> **Exercise**:
Take the data below and copy exactly the lines starting at the one with "inputs, self.kept.as_slice(), k)?;" and finishing at the one with "IsDraft (editing_setup self.old)", both included.

> **Data for the task**:
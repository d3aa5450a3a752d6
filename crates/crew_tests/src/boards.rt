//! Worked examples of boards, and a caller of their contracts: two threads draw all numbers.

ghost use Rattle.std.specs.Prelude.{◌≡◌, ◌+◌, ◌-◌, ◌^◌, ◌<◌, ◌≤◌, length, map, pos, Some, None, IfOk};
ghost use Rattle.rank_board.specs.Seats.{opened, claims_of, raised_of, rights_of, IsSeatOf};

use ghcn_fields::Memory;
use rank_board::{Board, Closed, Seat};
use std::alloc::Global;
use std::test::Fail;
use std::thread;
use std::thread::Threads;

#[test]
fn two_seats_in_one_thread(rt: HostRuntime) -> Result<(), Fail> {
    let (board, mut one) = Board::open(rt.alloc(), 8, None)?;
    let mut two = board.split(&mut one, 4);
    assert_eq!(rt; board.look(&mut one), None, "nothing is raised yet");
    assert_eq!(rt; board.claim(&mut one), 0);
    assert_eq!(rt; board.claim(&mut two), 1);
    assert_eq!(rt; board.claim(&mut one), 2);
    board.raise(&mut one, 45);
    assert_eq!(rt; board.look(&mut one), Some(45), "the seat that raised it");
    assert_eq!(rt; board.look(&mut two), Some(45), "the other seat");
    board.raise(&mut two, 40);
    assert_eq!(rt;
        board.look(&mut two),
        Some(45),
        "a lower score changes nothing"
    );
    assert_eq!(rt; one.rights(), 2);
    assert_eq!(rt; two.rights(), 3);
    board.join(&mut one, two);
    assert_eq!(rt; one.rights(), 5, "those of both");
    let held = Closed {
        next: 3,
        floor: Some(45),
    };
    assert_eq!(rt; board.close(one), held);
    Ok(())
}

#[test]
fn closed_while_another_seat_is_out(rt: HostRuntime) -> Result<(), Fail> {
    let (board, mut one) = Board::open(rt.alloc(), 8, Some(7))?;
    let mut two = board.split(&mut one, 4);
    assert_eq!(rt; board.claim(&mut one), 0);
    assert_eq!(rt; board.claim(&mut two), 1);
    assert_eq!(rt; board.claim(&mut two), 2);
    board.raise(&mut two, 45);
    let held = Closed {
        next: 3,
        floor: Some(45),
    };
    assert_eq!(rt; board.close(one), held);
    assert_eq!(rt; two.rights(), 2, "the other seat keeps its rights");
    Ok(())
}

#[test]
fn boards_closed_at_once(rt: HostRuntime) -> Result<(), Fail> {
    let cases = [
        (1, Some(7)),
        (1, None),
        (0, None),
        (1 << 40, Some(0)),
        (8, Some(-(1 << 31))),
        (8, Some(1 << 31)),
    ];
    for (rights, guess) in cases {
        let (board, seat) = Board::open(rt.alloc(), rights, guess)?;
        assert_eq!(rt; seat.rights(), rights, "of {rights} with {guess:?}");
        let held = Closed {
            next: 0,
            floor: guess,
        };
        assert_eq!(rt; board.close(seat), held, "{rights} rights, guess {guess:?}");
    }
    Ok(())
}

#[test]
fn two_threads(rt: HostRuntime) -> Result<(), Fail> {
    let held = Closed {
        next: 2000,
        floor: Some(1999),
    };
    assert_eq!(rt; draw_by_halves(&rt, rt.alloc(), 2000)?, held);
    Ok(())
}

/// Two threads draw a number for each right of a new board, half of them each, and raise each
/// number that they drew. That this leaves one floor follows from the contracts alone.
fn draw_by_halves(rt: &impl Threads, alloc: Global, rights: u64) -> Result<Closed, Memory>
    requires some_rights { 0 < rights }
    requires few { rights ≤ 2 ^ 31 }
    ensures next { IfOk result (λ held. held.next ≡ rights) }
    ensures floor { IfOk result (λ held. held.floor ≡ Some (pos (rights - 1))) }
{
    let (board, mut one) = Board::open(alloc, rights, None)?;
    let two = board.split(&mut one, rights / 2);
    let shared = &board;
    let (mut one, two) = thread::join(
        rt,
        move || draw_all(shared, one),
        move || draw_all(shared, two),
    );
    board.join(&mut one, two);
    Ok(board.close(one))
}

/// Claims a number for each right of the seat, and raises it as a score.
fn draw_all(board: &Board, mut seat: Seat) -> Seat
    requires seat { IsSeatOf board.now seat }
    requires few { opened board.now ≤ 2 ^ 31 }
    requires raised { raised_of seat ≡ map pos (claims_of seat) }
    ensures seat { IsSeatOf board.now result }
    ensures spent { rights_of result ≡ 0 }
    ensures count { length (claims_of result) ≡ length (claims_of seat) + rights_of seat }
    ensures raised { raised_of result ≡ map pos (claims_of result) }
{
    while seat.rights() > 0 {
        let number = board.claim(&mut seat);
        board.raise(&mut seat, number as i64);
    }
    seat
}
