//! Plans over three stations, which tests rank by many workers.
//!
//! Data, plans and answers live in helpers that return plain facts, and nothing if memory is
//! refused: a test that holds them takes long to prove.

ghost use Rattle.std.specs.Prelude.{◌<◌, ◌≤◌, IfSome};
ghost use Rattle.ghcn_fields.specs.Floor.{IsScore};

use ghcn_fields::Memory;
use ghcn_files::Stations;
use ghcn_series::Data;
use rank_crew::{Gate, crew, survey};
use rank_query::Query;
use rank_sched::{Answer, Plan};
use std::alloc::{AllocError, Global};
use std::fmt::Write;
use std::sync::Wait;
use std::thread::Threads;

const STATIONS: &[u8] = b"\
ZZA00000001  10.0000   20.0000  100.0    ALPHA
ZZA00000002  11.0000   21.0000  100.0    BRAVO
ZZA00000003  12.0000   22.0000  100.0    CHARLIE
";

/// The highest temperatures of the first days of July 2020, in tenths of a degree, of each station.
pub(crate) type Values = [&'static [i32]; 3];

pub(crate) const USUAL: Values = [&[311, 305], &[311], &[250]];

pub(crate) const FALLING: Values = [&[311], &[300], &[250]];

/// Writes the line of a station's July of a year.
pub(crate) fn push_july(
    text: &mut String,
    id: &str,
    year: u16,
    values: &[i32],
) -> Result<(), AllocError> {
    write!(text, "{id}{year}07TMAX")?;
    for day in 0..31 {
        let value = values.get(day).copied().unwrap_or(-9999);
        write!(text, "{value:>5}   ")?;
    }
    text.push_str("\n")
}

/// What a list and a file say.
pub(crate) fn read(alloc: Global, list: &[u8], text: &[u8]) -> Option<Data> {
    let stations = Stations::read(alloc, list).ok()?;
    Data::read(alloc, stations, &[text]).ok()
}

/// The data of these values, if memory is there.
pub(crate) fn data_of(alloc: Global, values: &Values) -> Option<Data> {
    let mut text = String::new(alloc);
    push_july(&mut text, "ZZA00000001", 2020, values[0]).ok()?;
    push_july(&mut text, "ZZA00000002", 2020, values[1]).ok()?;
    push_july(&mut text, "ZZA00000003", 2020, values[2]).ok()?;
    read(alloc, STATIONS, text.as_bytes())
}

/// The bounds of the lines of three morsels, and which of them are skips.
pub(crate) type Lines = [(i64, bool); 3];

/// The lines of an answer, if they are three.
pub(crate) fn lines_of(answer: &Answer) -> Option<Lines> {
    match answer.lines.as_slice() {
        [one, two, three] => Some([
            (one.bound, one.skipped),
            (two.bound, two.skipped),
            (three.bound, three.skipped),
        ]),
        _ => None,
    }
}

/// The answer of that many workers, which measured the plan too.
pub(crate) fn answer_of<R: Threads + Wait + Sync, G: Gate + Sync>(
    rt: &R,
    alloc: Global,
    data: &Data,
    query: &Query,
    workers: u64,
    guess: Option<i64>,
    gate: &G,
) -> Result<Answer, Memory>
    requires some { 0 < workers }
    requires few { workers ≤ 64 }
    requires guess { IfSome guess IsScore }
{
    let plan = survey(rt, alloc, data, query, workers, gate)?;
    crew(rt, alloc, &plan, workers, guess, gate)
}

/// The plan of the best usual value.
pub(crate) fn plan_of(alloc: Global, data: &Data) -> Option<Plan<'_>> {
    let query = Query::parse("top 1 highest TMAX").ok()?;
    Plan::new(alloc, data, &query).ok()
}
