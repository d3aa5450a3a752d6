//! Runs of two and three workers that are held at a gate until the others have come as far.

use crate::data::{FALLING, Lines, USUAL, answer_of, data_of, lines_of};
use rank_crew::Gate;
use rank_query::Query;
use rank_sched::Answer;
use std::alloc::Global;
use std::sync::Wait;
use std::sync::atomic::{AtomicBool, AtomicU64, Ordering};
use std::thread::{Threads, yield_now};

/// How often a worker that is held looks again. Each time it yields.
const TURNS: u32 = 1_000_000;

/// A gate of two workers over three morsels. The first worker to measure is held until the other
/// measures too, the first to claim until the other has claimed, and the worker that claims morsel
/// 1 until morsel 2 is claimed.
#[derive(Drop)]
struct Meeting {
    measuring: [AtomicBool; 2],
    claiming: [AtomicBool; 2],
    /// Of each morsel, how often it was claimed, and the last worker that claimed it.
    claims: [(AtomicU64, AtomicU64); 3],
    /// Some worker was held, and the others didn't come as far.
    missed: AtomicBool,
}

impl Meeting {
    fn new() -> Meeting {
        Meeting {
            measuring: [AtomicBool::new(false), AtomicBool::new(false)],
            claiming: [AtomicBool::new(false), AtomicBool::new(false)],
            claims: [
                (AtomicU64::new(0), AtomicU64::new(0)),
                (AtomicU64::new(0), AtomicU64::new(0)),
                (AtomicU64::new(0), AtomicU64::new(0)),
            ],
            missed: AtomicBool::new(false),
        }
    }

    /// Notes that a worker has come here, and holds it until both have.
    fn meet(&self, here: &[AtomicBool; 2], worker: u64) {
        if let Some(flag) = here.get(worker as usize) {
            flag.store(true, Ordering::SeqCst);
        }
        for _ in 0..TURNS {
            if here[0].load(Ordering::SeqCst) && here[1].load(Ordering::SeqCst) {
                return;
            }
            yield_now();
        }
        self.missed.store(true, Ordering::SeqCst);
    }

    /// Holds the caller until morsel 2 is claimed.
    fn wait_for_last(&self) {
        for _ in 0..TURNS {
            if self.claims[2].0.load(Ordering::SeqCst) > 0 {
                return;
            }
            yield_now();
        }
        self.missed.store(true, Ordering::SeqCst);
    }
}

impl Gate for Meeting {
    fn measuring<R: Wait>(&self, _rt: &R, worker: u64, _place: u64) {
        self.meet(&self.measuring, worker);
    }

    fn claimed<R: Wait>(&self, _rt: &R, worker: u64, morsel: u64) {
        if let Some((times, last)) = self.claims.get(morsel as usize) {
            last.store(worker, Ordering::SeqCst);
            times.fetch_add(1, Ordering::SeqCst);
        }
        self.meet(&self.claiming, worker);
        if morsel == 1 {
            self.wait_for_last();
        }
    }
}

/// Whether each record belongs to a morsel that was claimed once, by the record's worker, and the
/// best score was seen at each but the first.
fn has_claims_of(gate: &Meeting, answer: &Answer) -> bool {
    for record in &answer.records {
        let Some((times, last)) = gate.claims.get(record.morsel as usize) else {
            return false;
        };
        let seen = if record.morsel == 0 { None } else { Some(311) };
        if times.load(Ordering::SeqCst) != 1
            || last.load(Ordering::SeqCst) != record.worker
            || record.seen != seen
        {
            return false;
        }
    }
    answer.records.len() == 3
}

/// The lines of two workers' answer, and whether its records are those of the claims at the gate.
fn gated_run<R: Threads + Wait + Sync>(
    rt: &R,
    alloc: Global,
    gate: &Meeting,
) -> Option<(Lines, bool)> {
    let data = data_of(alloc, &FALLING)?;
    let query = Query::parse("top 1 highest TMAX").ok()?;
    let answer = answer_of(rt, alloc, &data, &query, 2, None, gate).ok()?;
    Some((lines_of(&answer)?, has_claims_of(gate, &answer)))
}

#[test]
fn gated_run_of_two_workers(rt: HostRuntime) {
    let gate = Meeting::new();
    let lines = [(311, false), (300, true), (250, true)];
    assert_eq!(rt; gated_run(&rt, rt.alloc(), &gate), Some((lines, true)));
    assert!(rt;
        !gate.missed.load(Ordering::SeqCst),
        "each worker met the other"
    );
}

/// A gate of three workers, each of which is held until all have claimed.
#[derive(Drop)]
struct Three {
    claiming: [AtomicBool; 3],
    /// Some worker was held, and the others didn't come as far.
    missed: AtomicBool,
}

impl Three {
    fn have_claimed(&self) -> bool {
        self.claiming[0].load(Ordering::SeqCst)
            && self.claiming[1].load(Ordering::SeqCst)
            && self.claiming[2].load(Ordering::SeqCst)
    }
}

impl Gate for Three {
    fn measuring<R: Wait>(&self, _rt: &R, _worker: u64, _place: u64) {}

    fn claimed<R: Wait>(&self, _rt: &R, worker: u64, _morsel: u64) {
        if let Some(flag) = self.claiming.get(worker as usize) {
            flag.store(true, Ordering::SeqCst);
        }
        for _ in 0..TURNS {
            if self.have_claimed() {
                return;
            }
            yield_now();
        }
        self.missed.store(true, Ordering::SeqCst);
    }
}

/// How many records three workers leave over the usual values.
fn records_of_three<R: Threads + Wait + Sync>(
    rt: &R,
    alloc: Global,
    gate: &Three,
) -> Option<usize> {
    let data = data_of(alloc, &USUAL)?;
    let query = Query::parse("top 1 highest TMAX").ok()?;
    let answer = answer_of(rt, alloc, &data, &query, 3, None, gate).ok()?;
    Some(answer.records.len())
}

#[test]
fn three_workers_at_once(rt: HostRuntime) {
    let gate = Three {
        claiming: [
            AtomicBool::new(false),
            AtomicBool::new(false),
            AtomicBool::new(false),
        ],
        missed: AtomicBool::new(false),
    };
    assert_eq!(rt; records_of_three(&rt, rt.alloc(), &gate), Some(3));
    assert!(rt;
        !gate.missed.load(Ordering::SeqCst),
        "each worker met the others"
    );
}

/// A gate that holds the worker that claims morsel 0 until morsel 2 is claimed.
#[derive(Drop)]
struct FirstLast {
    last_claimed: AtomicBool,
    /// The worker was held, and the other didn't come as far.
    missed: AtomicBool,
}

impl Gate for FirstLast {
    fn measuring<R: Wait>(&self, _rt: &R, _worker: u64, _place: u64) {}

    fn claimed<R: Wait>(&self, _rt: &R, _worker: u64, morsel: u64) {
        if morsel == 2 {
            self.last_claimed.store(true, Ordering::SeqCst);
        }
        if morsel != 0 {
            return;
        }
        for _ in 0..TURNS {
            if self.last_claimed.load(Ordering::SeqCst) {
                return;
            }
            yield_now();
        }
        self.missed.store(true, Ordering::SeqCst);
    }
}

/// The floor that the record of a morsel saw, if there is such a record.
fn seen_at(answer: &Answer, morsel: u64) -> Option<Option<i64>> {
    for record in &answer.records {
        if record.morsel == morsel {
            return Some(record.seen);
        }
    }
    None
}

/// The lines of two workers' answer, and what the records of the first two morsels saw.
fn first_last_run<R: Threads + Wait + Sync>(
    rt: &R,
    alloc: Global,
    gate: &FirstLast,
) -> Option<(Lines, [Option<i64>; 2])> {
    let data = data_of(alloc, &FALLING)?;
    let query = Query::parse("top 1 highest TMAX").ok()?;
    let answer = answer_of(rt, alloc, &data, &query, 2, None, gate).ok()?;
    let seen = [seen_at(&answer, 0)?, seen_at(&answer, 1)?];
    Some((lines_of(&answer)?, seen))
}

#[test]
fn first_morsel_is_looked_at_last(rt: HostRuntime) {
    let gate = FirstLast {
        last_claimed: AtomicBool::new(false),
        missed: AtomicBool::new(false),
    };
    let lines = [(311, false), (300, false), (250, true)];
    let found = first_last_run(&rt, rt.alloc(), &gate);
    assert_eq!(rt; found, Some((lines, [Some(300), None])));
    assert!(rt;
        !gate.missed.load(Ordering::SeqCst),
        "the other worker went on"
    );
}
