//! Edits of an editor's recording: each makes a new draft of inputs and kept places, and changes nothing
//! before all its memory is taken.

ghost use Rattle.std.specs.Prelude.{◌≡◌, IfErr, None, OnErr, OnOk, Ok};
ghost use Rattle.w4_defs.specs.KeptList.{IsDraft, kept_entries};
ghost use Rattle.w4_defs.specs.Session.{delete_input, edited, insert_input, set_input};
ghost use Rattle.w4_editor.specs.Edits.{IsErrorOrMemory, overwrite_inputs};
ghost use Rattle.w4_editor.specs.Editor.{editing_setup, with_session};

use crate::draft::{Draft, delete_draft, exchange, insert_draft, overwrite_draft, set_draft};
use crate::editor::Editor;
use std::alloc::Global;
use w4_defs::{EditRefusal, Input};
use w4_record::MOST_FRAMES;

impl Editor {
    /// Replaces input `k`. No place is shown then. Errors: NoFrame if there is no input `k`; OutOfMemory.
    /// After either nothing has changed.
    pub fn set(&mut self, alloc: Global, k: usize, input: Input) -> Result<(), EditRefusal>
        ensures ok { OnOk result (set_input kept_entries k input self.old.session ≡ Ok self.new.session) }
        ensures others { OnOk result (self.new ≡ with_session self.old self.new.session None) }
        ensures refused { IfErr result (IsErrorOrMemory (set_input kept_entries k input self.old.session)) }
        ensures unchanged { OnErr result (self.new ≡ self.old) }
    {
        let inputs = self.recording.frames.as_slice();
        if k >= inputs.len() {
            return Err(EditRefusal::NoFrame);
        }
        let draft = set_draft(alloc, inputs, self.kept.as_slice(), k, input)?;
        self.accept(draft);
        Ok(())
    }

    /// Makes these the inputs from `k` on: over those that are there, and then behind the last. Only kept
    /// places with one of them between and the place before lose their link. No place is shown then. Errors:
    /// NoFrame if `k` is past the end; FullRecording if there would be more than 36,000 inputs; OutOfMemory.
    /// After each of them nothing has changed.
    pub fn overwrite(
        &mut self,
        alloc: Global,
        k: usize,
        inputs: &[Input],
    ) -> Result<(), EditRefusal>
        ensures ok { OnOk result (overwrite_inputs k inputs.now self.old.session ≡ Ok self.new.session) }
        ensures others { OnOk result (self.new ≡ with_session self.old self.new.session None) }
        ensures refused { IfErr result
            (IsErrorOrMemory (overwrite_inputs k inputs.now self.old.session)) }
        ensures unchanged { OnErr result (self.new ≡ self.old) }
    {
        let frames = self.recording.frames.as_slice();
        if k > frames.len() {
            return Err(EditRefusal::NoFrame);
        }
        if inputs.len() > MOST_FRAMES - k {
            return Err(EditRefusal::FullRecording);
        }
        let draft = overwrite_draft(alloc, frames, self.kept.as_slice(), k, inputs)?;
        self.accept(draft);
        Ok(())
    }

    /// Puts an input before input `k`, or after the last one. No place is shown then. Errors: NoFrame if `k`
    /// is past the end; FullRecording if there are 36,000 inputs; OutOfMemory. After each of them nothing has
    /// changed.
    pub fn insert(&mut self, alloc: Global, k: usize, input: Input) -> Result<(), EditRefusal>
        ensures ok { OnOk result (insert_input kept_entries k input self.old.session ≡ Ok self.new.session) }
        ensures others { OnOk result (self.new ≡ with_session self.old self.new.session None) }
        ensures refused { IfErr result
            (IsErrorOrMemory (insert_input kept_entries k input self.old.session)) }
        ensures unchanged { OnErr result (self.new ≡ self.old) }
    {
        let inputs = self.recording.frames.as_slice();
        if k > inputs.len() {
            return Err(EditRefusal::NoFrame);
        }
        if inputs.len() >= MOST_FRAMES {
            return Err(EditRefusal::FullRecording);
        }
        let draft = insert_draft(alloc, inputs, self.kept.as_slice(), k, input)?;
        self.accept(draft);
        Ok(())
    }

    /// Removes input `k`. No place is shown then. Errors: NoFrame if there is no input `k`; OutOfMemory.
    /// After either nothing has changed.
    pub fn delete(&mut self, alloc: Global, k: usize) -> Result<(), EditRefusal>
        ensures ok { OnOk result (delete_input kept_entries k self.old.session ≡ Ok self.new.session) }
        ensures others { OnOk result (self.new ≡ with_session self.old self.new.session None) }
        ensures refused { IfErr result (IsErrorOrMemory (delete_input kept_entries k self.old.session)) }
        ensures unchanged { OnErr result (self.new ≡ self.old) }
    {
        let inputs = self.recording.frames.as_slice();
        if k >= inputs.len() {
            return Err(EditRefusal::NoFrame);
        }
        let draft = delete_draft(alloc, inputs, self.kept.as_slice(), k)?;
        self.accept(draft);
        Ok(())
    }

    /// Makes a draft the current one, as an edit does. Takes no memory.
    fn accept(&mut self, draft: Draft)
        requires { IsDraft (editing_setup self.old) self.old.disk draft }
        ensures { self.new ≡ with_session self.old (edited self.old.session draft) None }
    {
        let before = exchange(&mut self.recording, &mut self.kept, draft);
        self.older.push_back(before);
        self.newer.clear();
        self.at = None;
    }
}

> **Response to this task**:
        let draft = delete_draft(alloc, inputs, self.kept.as_slice(), k)?;
        self.accept(draft);
        Ok(())
    }

    /// Makes a draft the current one, as an edit does. Takes no memory.
    fn accept(&mut self, draft: Draft)
        requires { IsDraft (editing_setup self.old) self.old.disk draft }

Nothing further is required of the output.